Lo yeti in questo caso non è la creatura mitologica che vive sui ghiacciai, il terribile uomo delle nevi, ma bensì è il giovane cantautore bolognese Pierpaolo Marconcini alle prese con il suo album d'esordio.

Titolo scelto per questo suo lavoro è "Le memorie dell'acqua", lavoro d'esordio composto da nove tracce che ora vi svelerò una ad una. Detto questo cominciamo subito senza perderci in inutili indugi:

 

Santa madre dei miracoli: la voce echeggia e si perde nei meandri dei riverberi per pochi secondi prima che il soulprenda il sopravvento per parlare di un tema tanto caro a quel genere. Il tradimento.

Da notare infatti l'assolo finale che si fonde perfettamente con la voce de Lo yeti. Voce che, devo dire, mi ricorda vagamente quella del Samuel ai tempi dei migliori Subsonica.

Sotto effetto della luna: partenza in sordina, come qualcosa di lontano che si avvicina metro dopo metro, con una chitarra che si esprime con sentimento e passione. Un minuto e mezzo che fila via rapido, ma non per questo futile. Prestate particolare attenzione a questa traccia.

Rita: il tenero ritratto di una donna, la bella Rita, in cui viene descritta con versi poetici in tutta la sua magnificenza.
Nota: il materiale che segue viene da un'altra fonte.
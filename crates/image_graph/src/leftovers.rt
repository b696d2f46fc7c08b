//! What is left over in regions where objects stay: it becomes words that only fill.

ghost use Rattle.std.specs.Prelude.{◌≡◌, ◌+◌, ◌<◌, ◌==◌, ◌&&◌, false};
ghost use Rattle.heap_words.specs.Words.{Heap, IsWord, write};
ghost use Rattle.heap_words.specs.Encoding.{filler_header, object_words};
ghost use Rattle.regions.specs.Walk.{is_filler, stride_at};
ghost use Rattle.image_graph.specs.Pinned.{CanFill, filled_in, is_filled_from};
ghost use Rattle.image_graph.specs.State.{config_of, memory_of, found_of, marks_of, places_of, AreFound};
ghost use Rattle.image_graph.specs.Leftovers.{is_left_over};

use crate::image::Image;
use heap_words::{filler, filler_words, forwarded, words_of};
use regions::{base, next_object};

// Whether a header is that of words that only fill.
fn is_filler(header: u64) -> bool
    ensures { result ≡ is_filler header }
{
    header % 4 == 2
}

/// Which objects are left over.
#[derive(Clone, Copy)]
pub enum Leftover {
    /// Those that have moved.
    Moved,
    /// Those that were not found.
    NotFound,
}

impl Image {
    /// The header of an object, or of words that only fill, and the shape word if it is an object's; 0 where it is not, for the
    /// words that only fill may end before it.
    pub fn header_and_shape(&self, object: u64) -> (u64, u64)
        requires header { IsWord (config_of self.now) (Heap object) }
        requires shape { is_filler (memory_of self.now (Heap object)) ≡ false → IsWord (config_of self.now) (Heap (object + 1)) }
        ensures header { result.0 ≡ memory_of self.now (Heap object) }
        ensures shape { is_filler (memory_of self.now (Heap object)) ≡ false → result.1 ≡ memory_of self.now (Heap (object + 1)) }
    {
        let header = self.word(self.config.heap_at(object));
        if filler_words(header).is_some() {
            return (header, 0);
        }
        (header, self.word(self.config.heap_at(object + 1)))
    }

    /// Whether an object, or words that only fill, end at an address.
    pub fn ends_at(&self, object: u64, address: u64) -> bool
        requires header { IsWord (config_of self.now) (Heap object) }
        requires shape { is_filler (memory_of self.now (Heap object)) ≡ false → IsWord (config_of self.now) (Heap (object + 1)) }
        ensures { result ≡ (object + stride_at (λ any_address. memory_of self.now (Heap any_address)) object == address) }
    {
        let (header, shape) = self.header_and_shape(object);
        next_object(object, header, shape) == address
    }

    // Whether the object at an address is left over. Words that only fill are none.
    fn is_left_over(&self, left: Leftover, address: u64) -> bool
        requires inside { IsWord (config_of self.now) (Heap address) }
        requires found { left ≡ Leftover.NotFound → AreFound self.now }
        ensures { result ≡ is_left_over (memory_of self.now) (found_of self.now) left address }
    {
        let header = self.word(self.config.heap_at(address));
        match left {
            Leftover::Moved => forwarded(header),
            Leftover::NotFound => !is_filler(header) && !self.is_found(address),
        }
    }

    // Makes the words of an object words that only fill.
    fn fill_object(&mut self, address: u64)
        requires header { IsWord (config_of self.old) (Heap address) }
        requires shape { IsWord (config_of self.old) (Heap (address + 1)) }
        ensures config { config_of self.new ≡ config_of self.old }
        ensures places { places_of self.new ≡ places_of self.old }
        ensures found { found_of self.new ≡ found_of self.old }
        ensures marks { marks_of self.new ≡ marks_of self.old }
        ensures words { memory_of self.new ≡ write (memory_of self.old) (Heap address) (filler_header (object_words (memory_of self.old (Heap (address + 1))))) }
    {
        let config = self.config;
        let words = words_of(self.word(config.heap_at(address + 1)));
        self.set_word(config.heap_at(address), filler(words));
    }

    // Makes the words of an object words that only fill, if it begins at an address and is left over.
    fn fill_if_left(&mut self, left: Leftover, object: u64, address: u64)
        requires inside { IsWord (config_of self.old) (Heap address) }
        requires shape { object ≡ address → is_filler (memory_of self.old (Heap address)) ≡ false → IsWord (config_of self.old) (Heap (address + 1)) }
        requires found { left ≡ Leftover.NotFound → AreFound self.old }
        ensures config { config_of self.new ≡ config_of self.old }
        ensures places { places_of self.new ≡ places_of self.old }
        ensures found { found_of self.new ≡ found_of self.old }
        ensures marks { marks_of self.new ≡ marks_of self.old }
        ensures words { memory_of self.new ≡ is_filled_from (config_of self.old) (λ any_address. (object == any_address) && is_left_over (memory_of self.old) (found_of self.old) left any_address) address (memory_of self.old) }
    {
        if object != address {
            return;
        }
        if self.is_left_over(left, address) {
            self.fill_object(address);
        }
    }

    /// Makes the words of each object of a region that is left over words that only fill. Nothing else changes. Each object
    /// begins where the one before it ends, or words that only fill. Takes no memory, and time linear in the words of a region.
    pub fn fill_leftovers(&mut self, left: Leftover, region: usize)
        requires region { region < (config_of self.old).regions }
        requires can { CanFill (config_of self.old) (memory_of self.old) region }
        requires found { left ≡ Leftover.NotFound → AreFound self.old }
        ensures config { config_of self.new ≡ config_of self.old }
        ensures places { places_of self.new ≡ places_of self.old }
        ensures found { found_of self.new ≡ found_of self.old }
        ensures marks { marks_of self.new ≡ marks_of self.old }
        ensures words { memory_of self.new ≡ filled_in (config_of self.old) (λ any_region. any_region == region) (is_left_over (memory_of self.old) (found_of self.old) left) (memory_of self.old) }
    {
        let first = base(self.config, region);
        let top = self.top(region);
        let mut object = first;
        for offset in 0..top {
            if self.ends_at(object, first + offset) {
                object = first + offset;
            }
            self.fill_if_left(left, object, first + offset);
        }
    }
}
Una bellezza sia esterna che interna a tinte tanto care ai Beatlesquando cantavano "Lovely Rita" in quel capolavoro che è "Sgt. Pepper's Lonely Hearts Club Band" (leggi qui). Davvero coinvolgente!

La canzone dell'acqua: piccoli echi e delay, come dei vortici sonori, sono la base sulla quale si sviluppa questo brano dolce ed etereo. Questo fino a circa metà dove la chitarra diventa più distorta ed i synth più decisi, un balzo inaspettato che sorprende in maniera più che piacevole l'ascoltatore!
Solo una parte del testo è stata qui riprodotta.